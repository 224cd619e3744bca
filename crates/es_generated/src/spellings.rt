// Generated names by the numbers of their spellings.
//
// Two names of one spelling have one number, whatever it is: that is all that a look-up rests on. That other names have other numbers
// makes it fast.

ghost use Rattle.std.specs.Prelude.{◌≡◌, ℕ, IfOk};
ghost use Rattle.std.specs.Str.{chars};
ghost use Rattle.es_by_number.specs.Numbered as by_number;
ghost use Rattle.es_grouped.specs.Groups.{group, having};
ghost use Rattle.es_steps.specs.Context as spec;
ghost use Rattle.es_generated.specs.Spellings.{entries_of, entry_of, name_number, numbered_names, spelling_number};

use es_base::ledger::{GeneratedKind, LedgerEntry};
use es_base::strings::is_word;
use es_binding_faults::leasts::Leasts;
use es_by_number::numbered::Numbered;
use es_grouped::Grouped;
use std::alloc::{AllocError, Global};

/// Whether it is a private name, which is no spelling of an identifier.
pub fn is_private_entry(kind: GeneratedKind) -> bool
    ensures { result ≡ spec.is_private_entry kind }
{
    matches!(kind, GeneratedKind::Private(_))
}

/// The number of this spelling; that of no node, if it has none.
pub fn spelling_number(name: &str, spellings: &Leasts) -> u32
    ensures { result ≡ spelling_number spellings.now (chars name.now) }
{
    match spellings.get(name) {
        Some(number) => number,
        None => u32::MAX,
    }
}

/// The number of the class of a private name, and that of the spelling of another.
pub fn name_number(entry: &LedgerEntry, spellings: &Leasts) -> u32
    ensures { result ≡ name_number spellings.now entry.now }
{
    match entry.kind {
        GeneratedKind::Private(class) => class.0,
        _ => spelling_number(entry.name.as_str(), spellings),
    }
}

/// A number for the spelling of each of these names: that of the first that has it. Fails on allocation failure alone.
pub fn spellings_of(alloc: Global, entries: &[LedgerEntry]) -> Result<Leasts, AllocError> {
    let mut spellings = Leasts::new(alloc);
    let mut number = 0_u32;
    for entry in entries {
        spellings.add(entry.name.as_str(), number)?;
        number = number.saturating_add(1);
    }
    Ok(spellings)
}

/// Generated names by their numbers. Fails on allocation failure alone.
pub fn by_number<'a>(
    alloc: Global,
    spellings: &Leasts,
    entries: &'a [LedgerEntry],
) -> Result<Grouped<&'a LedgerEntry>, AllocError>
    ensures { IfOk result (λ g. (m : ℕ) → entries_of (group m g) ≡ having m (numbered_names spellings.now entries.now)) }
{
    let items = with_numbers(alloc, spellings, entries)?;
    Grouped::of(alloc, items)
}

/// Generated names, each with its number. Fails on allocation failure alone.
fn with_numbers<'a>(
    alloc: Global,
    spellings: &Leasts,
    entries: &'a [LedgerEntry],
) -> Result<Vec<Numbered<&'a LedgerEntry>>, AllocError>
    ensures { IfOk result (λ r. by_number.numbered entry_of r.items ≡ numbered_names spellings.now entries.now) }
{
    let mut items = Vec::new(alloc);
    for entry in entries {
        items.push(Numbered {
            number: name_number(entry, spellings),
            value: entry,
        })?;
    }
    Ok(items)
}

/// What a name was generated as, by the first of these that is not private and has its spelling.
pub fn generated_among(name: &str, entries: &[&LedgerEntry]) -> Option<GeneratedKind>
    ensures { result ≡ spec.generated_as (chars name.now) (entries_of entries.now) }
{
    for entry in entries {
        if !is_private_entry(entry.kind) && is_word(entry.name.as_str(), name) {
            return Some(entry.kind);
        }
    }
    None
}

/// Whether it is a private name that was generated for this class.
fn is_private_for(class: u32, kind: GeneratedKind) -> bool
    ensures { result ≡ spec.is_private_for class kind }
{
    match kind {
        GeneratedKind::Private(n) => class == n.0,
        _ => false,
    }
}

/// Whether a private name of this spelling is among these, generated for a class.
pub fn is_private_among(name: &str, class: u32, entries: &[&LedgerEntry]) -> bool
    ensures { result ≡ spec.is_generated_private (chars name.now) class (entries_of entries.now) }
{
    for entry in entries {
        if is_private_for(class, entry.kind) && is_word(entry.name.as_str(), name) {
            return true;
        }
    }
    false
}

-------

All lines above between those holding "makes it fast." and "spellings.add(entry.name.as_str(), number)?;", inclusive, must be set down unchanged, and no other line may be included.

[Written answer]
// makes it fast.

ghost use Rattle.std.specs.Prelude.{◌≡◌, ℕ, IfOk};
ghost use Rattle.std.specs.Str.{chars};
ghost use Rattle.es_by_number.specs.Numbered as by_number;
ghost use Rattle.es_grouped.specs.Groups.{group, having};
ghost use Rattle.es_steps.specs.Context as spec;
ghost use Rattle.es_generated.specs.Spellings.{entries_of, entry_of, name_number, numbered_names, spelling_number};

use es_base::ledger::{GeneratedKind, LedgerEntry};
use es_base::strings::is_word;
use es_binding_faults::leasts::Leasts;
use es_by_number::numbered::Numbered;
use es_grouped::Grouped;
use std::alloc::{AllocError, Global};

/// Whether it is a private name, which is no spelling of an identifier.
pub fn is_private_entry(kind: GeneratedKind) -> bool
    ensures { result ≡ spec.is_private_entry kind }
{
    matches!(kind, GeneratedKind::Private(_))
}

/// The number of this spelling; that of no node, if it has none.
pub fn spelling_number(name: &str, spellings: &Leasts) -> u32
    ensures { result ≡ spelling_number spellings.now (chars name.now) }
{
    match spellings.get(name) {
        Some(number) => number,
        None => u32::MAX,
    }
}

/// The number of the class of a private name, and that of the spelling of another.
pub fn name_number(entry: &LedgerEntry, spellings: &Leasts) -> u32
    ensures { result ≡ name_number spellings.now entry.now }
{
    match entry.kind {
        GeneratedKind::Private(class) => class.0,
        _ => spelling_number(entry.name.as_str(), spellings),
    }
}

/// A number for the spelling of each of these names: that of the first that has it. Fails on allocation failure alone.
pub fn spellings_of(alloc: Global, entries: &[LedgerEntry]) -> Result<Leasts, AllocError> {
    let mut spellings = Leasts::new(alloc);
    let mut number = 0_u32;
    for entry in entries {
        spellings.add(entry.name.as_str(), number)?;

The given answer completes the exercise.